US 11,935,038 B2
Direct data share
Wesley Perkins, Henrico, VA (US); Venkata Satya Sriram Kalyan Namuduri, Glen Allen, VA (US); David Ross, Richmond, VA (US); Andrew Coulson, Washington, DC (US); and Hunter Roberts, Henrico, VA (US)
Assigned to Capital One Services, LLC, McLean, VA (US)
Filed by Capital One Services, LLC, McLean, VA (US)
Filed on Nov. 8, 2021, as Appl. No. 17/520,918.
Application 17/520,918 is a continuation of application No. 17/176,642, filed on Feb. 16, 2021, granted, now 11,182,797, issued on Nov. 23, 2021.
Prior Publication US 2022/0261811 A1, Aug. 18, 2022
This patent is subject to a terminal disclaimer.
Int. Cl. G06Q 40/00 (2023.01); G06F 18/214 (2023.01); G06N 20/00 (2019.01); G06Q 20/38 (2012.01); G06Q 20/40 (2012.01)

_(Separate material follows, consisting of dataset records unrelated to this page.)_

//! The command that runs a design on a machine of the rig.
ghost use Rattle.std.specs.Prelude.{◌≡◌, OnOk};
ghost use Rattle.cmd_steps.specs.Vocabulary.{outside, Does, IsLawful};
ghost use Rattle.run_image.specs.Headline.{BeginsWithList};
ghost use Rattle.cmd_go.specs.Go.{go_job};
ghost use Rattle.cmd_go.specs.Headline.{IsWellGone, HasRoomLeft};

use crate::design::OneDesign;
use base_io::{Sink, Store};
use cmd_steps::{DesignFile, Stop, attach, read_design, read_shape};
use map_network::laws::plain_networks_have_the_rows;
use place_plan::{in_order_plans_are_decided, standing_parts_are_room};
use rig::Rig;
use run_image::list_and_run;
use std::alloc::Global;

// The words that the command is given.
#[derive(Clone, Copy)]
struct Words<'a> {
    machine: &'a str,
    name: &'a str,
    design: &'a str,
    vectors: &'a str,
}

// Reads a machine and attaches it, reads a design, writes the list of the machine's defects, and runs the design on what
// the list leaves free.
fn work<S: Store, K: Sink>(
    alloc: Global,
    words: &Words<'_>,
    store: &mut S,
    rig: &mut Box<dyn Rig>,
    sink: &mut K,
) -> Result<(), Stop>
    ensures does { let old = outside (S.store_state store.old) (rig_state rig.old) (K.sink_state sink.old) in
        let new = outside (S.store_state store.new) (rig_state rig.new) (K.sink_state sink.new) in
        Does ⊥ (go_job words.now.machine.now words.now.name.now words.now.design.now words.now.vectors.now) result old new }
{
    let shape = read_shape(alloc, store, words.machine)?;
    attach(rig, &shape, words.name)?;
    let netlist = read_design(alloc, DesignFile::Design, store, words.design)?;
    let design = OneDesign(netlist);
    list_and_run(alloc, &shape, &design, words.vectors, store, rig, sink)
}

/// Reads a machine and attaches it under a name, reads a design, and writes the list of the machine's defects. Then the
/// design is laid on what the list leaves free and loaded, and the line `outputs` is written and, for each vector, what the
/// machine read at the output pins.
///
/// # Errors
///
/// The first step that refuses, in this order: the machine is read and attached, the design is read, the defects are listed
/// and the list is written; there is room for the design, on a small machine by the in-order plan of its plain network; its image
/// is loaded, the file of vectors is started, the line is written, and then each vector is read and driven and its row written.
// The condition always holds: see `attach` of `cmd_steps`.
pub fn go<S: Store, K: Sink>(
    alloc: Global,
    machine: &str,
    name: &str,
    design: &str,
    vectors: &str,
    store: &mut S,
    rig: &mut Box<dyn Rig>,
    sink: &mut K,
) -> Result<(), Stop>
    requires always { name.now ≡ name.now }

    ensures lawful { IsLawful (go_job machine.now name.now design.now vectors.now) }
    ensures does { let old = outside (S.store_state store.old) (rig_state rig.old) (K.sink_state sink.old) in
        let new = outside (S.store_state store.new) (rig_state rig.new) (K.sink_state sink.new) in
        Does ⊥ (go_job machine.now name.now design.now vectors.now) result old new }
    // The list that stands written covers the machine's faults and is tight to them, whatever the end.
    ensures listed { let old = outside (S.store_state store.old) (rig_state rig.old) (K.sink_state sink.old) in
        let new = outside (S.store_state store.new) (rig_state rig.new) (K.sink_state sink.new) in
        BeginsWithList machine.now name.now old new }
    ensures gone { let old = outside (S.store_state store.old) (rig_state rig.old) (K.sink_state sink.old) in
        let new = outside (S.store_state store.new) (rig_state rig.new) (K.sink_state sink.new) in
        OnOk result (IsWellGone machine.now name.now design.now vectors.now old new) }
    ensures room { let old = outside (S.store_state store.old) (rig_state rig.old) (K.sink_state sink.old) in
        let new = outside (S.store_state store.new) (rig_state rig.new) (K.sink_state sink.new) in
        OnOk result (HasRoomLeft machine.now design.now old new) }
{
    in_order_plans_are_decided();
    standing_parts_are_room();
    plain_networks_have_the_rows();
    machine_shape::names_are_one_to_one();
    machine_shape::the_crosspoints_are_sound();
    machine_shape::the_numbering_is_sound();
    let words = Words {
        machine,
        name,
        design,
        vectors,
    };
    work(alloc, &words, store, rig, sink)
}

CPC G06Q 20/3821 (2013.01) [G06F 18/2148 (2023.01); G06N 20/00 (2019.01); G06Q 20/4016 (2013.01)] 22 Claims
OG exemplary drawing
 
1. A computer-implemented method for supplementing payment authorization information, received from a payment processing service, corresponding to a financial transaction between a user and a merchant, the method comprising:
receiving, by a data share computing device, from a merchant device, and via a first application programming interface (API), supplemental transaction metadata comprising one or more data elements corresponding to one or more attributes of the financial transaction, wherein the supplemental transaction metadata is associated with a concurrent transmission of basic payment information, for the financial transaction, by the merchant device to the payment processing service, wherein the data elements are supplemental to the basic payment information sent to the payment processing service according to a pre-existing standard;
validating, by the data share computing device and based on a predicted processing time associated with processing, by the payment processing service, of the basic payment information, the supplemental transaction metadata based on one or more criteria, wherein validating the supplemental transaction metadata comprises at least validating a first data element of the supplemental transaction metadata, and wherein the one or more criteria are associated with one or more of: validity, consistency, or formatting of data elements of the supplemental transaction metadata;
receiving, by the data share computing device, from a computing device associated with the payment processing service, and via a second interface different from the first API, payment authorization information corresponding to the financial transaction, wherein the payment authorization information indicates whether the basic payment information, transmitted by the merchant device to the payment processing service, caused the financial transaction to be approved by the payment processing service, and wherein validating the supplemental transaction metadata received from the merchant device is performed prior to receiving the payment authorization information from the payment processing service;
matching, by the data share computing device, the validated supplemental transaction metadata for the financial transaction received from the merchant device with the payment authorization information received from the payment processing service for the financial transaction;
determining, by the data share computing device and using a machine learning model, an authorization result indicating whether the financial transaction is authorized based on the matched payment authorization information and the supplemental transaction metadata, wherein the machine learning model is trained to determine whether an input transaction is authentic based on data comprising financial transactions tagged based on their authenticity, and wherein the input transaction comprises payment authorization information and supplemental transaction metadata corresponding for a given payment transaction; and
sending to the merchant, by the data share computing device and based on an authorization timing requirement associated with the financial transaction and the payment processing service, the authorization result as determined by the machine learning model for the financial transaction.